++++ Records for this task ++++

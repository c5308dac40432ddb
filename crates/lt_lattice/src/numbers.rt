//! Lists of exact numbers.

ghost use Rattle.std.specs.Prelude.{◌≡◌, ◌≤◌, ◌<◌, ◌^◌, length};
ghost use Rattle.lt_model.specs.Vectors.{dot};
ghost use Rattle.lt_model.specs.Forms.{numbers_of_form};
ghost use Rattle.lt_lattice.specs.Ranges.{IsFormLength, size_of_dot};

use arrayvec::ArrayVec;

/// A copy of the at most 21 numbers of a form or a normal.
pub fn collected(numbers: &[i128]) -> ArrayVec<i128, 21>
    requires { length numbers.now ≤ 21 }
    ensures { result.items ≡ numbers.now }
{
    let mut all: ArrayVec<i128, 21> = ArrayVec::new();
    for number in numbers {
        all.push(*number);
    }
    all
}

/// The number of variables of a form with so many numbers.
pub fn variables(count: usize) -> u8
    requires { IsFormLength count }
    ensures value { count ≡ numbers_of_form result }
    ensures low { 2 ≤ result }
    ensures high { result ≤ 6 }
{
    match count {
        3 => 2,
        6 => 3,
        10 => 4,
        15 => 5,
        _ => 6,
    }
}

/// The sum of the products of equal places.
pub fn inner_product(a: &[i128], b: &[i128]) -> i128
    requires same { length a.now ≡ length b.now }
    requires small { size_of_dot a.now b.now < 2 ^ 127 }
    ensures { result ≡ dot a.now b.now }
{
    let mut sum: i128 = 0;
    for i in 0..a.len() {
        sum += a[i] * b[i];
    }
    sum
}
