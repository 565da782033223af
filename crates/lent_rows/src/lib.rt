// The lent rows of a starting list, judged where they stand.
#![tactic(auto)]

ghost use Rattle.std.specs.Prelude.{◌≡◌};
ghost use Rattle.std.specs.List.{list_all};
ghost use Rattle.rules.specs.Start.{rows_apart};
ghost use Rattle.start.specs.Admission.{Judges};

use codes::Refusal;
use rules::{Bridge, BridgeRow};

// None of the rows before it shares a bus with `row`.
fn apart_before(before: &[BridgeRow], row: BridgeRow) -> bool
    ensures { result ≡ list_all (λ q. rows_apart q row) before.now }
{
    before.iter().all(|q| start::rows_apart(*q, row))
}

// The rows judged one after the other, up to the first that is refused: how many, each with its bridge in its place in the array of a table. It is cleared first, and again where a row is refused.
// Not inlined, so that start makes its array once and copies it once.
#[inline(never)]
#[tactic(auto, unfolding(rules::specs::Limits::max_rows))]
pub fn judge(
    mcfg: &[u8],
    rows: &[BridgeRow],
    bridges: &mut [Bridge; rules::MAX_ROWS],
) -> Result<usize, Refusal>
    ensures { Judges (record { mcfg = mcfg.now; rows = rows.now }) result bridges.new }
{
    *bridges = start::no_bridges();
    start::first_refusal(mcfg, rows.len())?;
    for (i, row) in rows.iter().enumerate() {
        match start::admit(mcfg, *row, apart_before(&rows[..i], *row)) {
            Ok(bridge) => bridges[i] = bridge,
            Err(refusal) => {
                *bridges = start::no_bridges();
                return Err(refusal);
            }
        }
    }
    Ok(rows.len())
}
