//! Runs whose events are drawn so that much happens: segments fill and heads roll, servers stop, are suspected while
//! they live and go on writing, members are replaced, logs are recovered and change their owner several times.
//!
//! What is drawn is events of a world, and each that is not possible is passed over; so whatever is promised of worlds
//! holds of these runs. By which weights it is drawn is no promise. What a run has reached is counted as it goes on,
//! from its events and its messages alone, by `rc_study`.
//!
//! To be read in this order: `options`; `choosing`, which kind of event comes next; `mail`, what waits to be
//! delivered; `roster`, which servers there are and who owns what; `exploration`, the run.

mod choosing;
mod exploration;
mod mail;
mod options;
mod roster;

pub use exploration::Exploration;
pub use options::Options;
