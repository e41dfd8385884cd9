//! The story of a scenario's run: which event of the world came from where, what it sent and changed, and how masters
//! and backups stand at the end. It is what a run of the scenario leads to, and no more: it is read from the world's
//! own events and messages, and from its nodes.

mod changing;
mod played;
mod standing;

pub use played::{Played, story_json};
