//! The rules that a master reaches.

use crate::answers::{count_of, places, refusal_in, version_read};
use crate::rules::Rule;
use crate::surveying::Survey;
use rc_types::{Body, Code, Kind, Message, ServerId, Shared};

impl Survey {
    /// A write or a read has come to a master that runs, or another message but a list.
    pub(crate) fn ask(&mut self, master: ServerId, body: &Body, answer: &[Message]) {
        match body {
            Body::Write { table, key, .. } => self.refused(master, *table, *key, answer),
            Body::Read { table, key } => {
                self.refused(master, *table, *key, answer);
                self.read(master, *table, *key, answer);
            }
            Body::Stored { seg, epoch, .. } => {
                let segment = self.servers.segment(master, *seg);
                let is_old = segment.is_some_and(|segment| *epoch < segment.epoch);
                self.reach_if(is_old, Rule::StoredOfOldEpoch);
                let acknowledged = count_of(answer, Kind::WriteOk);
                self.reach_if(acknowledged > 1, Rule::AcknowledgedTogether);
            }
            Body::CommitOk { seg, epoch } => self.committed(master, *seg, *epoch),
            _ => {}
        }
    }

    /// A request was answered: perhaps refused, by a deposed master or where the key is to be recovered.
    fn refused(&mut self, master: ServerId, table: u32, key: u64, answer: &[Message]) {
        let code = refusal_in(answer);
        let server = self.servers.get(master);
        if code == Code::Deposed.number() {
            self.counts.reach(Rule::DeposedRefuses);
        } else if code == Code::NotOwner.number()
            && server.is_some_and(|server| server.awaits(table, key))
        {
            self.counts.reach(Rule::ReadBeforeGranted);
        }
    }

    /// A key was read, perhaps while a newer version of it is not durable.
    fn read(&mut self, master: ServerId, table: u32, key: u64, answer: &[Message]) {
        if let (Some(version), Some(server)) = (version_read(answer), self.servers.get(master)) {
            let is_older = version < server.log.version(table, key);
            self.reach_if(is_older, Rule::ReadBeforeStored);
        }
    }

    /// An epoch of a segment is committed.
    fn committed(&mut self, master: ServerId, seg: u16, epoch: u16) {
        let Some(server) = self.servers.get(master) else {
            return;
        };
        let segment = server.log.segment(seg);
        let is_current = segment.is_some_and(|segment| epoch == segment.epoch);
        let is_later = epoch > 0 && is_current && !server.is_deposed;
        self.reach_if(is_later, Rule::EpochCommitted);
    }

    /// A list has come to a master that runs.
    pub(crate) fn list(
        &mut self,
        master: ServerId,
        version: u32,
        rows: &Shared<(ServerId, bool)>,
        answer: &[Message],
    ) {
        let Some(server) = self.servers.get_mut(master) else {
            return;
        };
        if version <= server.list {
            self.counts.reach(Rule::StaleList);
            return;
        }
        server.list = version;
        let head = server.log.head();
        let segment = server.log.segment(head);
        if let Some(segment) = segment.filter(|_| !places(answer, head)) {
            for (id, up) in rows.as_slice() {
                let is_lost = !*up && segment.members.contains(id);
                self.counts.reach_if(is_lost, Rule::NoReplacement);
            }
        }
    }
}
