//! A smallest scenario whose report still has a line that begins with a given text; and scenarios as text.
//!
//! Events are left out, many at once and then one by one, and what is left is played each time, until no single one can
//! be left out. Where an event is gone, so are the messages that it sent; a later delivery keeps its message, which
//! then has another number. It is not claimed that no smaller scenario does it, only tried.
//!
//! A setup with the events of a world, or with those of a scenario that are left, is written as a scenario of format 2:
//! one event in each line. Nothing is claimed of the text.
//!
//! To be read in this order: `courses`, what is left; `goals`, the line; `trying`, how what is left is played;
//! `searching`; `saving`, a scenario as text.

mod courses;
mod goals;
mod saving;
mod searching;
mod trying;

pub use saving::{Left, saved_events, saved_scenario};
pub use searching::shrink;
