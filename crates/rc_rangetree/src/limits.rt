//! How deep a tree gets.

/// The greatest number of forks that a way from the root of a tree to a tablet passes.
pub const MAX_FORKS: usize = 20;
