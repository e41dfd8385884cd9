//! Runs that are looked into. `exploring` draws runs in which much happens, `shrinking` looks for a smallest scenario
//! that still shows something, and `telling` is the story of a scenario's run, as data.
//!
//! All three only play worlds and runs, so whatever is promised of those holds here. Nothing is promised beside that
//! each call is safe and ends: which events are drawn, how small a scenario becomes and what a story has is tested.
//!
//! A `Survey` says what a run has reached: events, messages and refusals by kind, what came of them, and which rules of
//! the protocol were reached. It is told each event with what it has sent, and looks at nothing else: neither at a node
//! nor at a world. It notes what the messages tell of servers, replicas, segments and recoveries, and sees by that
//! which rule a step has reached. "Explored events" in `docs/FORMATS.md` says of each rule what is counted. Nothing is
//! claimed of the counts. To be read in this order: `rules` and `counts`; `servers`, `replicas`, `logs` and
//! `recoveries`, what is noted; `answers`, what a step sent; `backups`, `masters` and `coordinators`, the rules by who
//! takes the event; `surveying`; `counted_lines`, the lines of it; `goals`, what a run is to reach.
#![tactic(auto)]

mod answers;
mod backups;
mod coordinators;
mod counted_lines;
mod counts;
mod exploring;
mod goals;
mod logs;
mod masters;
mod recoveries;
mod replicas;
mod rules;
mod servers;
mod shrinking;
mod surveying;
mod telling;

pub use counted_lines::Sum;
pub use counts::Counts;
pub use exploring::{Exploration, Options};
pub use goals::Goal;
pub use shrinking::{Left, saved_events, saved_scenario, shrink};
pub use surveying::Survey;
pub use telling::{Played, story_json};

++++

# [Try it]
In the data above, retype exactly and only the lines between the one holding "let is_current = segment.is_some_and(|segment|" and the one holding "let segment = server.log.segment(head);", inclusive.

# [Result of this task]
        let is_current = segment.is_some_and(|segment| epoch == segment.epoch);
        let is_later = epoch > 0 && is_current && !server.is_deposed;
        self.reach_if(is_later, Rule::EpochCommitted);
    }

    /// A list has come to a master that runs.
    pub(crate) fn list(
        &mut self,
        master: ServerId,
        version: u32,
        rows: &Shared<(ServerId, bool)>,
        answer: &[Message],
    ) {
        let Some(server) = self.servers.get_mut(master) else {
            return;
        };
        if version <= server.list {
            self.counts.reach(Rule::StaleList);
            return;
        }
        server.list = version;
        let head = server.log.head();
        let segment = server.log.segment(head);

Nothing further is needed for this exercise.